Find the line holding "placements.new ≡ with_point" in the entries below. Give it again exactly, along with every line after it up to and including the line holding "use roles::Subtrees;".

____

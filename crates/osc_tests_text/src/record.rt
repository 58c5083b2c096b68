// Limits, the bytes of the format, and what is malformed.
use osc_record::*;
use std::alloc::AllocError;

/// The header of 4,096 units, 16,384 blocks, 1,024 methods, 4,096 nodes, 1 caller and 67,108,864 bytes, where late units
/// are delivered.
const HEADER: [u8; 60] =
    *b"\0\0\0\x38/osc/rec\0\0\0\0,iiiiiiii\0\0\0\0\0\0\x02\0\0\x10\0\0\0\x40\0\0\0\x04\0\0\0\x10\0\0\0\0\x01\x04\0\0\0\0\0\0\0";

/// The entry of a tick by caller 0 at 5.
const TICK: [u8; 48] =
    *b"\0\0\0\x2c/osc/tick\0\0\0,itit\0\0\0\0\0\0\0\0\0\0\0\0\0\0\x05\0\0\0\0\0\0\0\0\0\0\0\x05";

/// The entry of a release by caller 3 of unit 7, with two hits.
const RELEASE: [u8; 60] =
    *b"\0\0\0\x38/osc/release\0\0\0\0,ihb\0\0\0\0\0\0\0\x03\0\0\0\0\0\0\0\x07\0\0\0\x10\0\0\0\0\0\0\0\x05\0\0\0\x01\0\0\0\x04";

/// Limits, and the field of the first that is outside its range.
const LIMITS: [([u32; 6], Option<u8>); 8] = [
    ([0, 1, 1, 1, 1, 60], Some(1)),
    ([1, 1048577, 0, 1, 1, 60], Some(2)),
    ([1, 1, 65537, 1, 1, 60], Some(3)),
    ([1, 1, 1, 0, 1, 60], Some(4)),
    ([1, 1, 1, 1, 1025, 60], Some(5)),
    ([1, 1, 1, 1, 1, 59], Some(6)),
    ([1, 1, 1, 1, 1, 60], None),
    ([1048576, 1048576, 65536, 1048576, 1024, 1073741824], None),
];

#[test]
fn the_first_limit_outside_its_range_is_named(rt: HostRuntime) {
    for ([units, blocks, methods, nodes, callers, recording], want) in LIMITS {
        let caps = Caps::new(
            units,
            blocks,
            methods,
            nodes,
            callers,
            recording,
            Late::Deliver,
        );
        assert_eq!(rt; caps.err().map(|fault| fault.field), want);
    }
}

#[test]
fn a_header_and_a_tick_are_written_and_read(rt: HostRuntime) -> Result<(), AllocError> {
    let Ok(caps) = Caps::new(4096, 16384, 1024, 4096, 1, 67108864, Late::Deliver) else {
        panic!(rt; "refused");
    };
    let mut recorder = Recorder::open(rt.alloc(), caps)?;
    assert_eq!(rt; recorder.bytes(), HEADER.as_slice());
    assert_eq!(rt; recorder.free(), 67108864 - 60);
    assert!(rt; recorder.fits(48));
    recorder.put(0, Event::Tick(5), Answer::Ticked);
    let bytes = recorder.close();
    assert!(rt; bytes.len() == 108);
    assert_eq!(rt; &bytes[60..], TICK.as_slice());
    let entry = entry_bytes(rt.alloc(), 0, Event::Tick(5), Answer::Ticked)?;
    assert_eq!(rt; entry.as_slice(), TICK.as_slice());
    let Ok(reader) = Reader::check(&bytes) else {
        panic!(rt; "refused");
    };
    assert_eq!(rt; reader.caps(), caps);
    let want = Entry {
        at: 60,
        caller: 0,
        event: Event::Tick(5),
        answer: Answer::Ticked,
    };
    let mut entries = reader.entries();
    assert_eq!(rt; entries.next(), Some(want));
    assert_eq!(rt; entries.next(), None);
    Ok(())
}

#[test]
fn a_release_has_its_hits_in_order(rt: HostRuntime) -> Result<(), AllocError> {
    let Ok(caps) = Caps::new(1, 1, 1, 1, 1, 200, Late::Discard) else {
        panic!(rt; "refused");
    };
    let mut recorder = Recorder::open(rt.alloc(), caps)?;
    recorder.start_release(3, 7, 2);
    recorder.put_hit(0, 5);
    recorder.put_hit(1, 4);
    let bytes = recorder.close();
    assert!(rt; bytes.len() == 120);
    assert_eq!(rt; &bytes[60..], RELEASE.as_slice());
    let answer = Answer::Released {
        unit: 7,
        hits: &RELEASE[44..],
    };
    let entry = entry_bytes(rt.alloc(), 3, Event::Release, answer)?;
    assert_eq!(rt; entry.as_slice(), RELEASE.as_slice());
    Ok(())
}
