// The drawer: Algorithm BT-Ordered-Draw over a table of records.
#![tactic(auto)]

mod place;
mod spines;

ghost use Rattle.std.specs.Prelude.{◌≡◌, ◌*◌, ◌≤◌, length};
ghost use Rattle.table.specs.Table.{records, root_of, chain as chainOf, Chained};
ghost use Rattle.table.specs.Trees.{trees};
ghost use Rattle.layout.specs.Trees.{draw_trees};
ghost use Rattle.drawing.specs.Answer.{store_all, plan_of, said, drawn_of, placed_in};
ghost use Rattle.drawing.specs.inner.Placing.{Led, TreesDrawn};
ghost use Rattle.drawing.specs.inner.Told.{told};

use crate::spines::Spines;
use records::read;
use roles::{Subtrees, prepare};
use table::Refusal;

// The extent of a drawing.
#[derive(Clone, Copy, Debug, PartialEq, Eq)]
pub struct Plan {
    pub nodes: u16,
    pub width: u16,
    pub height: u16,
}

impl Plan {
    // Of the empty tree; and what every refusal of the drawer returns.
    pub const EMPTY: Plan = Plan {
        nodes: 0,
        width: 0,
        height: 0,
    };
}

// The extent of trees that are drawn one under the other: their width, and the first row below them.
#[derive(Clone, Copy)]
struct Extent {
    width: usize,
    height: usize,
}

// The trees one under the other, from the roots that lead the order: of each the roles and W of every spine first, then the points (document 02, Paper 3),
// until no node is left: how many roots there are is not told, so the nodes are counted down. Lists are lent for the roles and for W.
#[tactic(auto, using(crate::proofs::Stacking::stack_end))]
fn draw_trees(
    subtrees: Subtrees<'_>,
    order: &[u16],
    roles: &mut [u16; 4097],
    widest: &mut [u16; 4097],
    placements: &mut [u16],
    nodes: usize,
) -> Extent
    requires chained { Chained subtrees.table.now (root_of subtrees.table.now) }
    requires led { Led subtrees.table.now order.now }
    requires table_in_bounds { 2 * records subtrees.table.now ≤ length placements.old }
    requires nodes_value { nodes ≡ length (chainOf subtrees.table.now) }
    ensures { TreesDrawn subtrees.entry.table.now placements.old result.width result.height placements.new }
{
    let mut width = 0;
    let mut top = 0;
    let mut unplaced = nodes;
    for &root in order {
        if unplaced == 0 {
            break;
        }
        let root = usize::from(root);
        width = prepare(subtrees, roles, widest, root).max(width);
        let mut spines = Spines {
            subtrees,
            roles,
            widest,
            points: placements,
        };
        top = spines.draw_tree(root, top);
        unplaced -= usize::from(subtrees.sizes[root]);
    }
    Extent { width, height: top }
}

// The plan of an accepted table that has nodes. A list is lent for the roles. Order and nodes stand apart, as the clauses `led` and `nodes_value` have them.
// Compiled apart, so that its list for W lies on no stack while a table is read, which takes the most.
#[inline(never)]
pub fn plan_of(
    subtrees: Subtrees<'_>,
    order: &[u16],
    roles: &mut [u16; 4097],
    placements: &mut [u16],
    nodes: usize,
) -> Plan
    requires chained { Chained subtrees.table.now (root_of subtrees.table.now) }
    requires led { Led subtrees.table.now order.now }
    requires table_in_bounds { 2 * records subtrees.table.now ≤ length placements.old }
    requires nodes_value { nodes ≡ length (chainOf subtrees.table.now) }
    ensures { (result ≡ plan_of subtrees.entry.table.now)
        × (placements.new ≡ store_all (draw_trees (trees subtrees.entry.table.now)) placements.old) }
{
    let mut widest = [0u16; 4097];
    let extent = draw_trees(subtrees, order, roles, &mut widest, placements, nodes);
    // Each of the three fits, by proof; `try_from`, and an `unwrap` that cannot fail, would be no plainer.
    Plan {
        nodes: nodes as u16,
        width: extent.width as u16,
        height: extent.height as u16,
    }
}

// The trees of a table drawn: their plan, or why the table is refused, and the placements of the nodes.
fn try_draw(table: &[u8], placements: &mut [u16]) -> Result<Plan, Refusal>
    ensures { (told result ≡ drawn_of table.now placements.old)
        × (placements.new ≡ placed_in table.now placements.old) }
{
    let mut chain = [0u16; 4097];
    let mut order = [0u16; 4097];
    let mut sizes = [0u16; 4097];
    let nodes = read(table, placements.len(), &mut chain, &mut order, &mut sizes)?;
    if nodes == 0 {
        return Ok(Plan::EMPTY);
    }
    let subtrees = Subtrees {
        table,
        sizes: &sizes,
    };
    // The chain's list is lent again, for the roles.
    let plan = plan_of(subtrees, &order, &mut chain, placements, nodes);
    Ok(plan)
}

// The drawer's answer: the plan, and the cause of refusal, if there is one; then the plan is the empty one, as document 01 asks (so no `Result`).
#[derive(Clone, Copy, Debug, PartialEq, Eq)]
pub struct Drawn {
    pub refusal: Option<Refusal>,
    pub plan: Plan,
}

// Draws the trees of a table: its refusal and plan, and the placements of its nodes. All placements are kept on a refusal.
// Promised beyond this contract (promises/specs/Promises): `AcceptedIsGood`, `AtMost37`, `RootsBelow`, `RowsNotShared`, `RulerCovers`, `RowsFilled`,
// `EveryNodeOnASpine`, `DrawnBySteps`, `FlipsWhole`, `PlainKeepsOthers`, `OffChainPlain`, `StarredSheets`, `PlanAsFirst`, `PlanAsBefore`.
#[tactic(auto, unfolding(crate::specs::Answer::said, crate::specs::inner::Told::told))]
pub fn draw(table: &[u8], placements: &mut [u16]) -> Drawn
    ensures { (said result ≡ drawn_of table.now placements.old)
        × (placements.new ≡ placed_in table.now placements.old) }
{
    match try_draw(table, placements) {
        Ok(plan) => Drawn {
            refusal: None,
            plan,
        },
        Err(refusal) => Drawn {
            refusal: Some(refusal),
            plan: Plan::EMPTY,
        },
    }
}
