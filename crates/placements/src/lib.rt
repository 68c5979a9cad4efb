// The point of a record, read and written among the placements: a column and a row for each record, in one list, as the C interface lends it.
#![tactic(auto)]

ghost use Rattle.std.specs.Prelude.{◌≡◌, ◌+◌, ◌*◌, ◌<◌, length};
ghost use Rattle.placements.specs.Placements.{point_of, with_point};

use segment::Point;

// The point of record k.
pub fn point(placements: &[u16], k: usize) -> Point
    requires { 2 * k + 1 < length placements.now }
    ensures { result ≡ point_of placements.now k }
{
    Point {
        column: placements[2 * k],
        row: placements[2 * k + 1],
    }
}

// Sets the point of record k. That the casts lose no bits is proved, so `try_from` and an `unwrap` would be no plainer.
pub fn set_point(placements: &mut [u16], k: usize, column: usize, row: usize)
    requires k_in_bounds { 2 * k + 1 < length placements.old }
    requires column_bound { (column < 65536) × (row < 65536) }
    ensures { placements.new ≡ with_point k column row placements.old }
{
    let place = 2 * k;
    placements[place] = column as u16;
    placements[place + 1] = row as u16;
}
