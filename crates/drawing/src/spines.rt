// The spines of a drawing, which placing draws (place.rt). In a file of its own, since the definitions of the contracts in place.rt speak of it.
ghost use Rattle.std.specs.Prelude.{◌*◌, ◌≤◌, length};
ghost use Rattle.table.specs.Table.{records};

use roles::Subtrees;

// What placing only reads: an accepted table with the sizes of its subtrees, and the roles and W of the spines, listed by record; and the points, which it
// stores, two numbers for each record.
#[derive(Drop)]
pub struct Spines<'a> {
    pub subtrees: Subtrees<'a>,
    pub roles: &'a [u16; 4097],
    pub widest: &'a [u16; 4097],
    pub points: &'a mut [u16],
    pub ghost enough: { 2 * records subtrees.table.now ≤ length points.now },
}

____

### RESPONSE TO THIS TASK
    ensures { placements.new ≡ with_point k column row placements.old }
{
    let place = 2 * k;
    placements[place] = column as u16;
    placements[place + 1] = row as u16;
}
filename crates/drawing/src/spines.rt
// The spines of a drawing, which placing draws (place.rt). In a file of its own, since the definitions of the contracts in place.rt speak of it.
ghost use Rattle.std.specs.Prelude.{◌*◌, ◌≤◌, length};
ghost use Rattle.table.specs.Table.{records};

use roles::Subtrees;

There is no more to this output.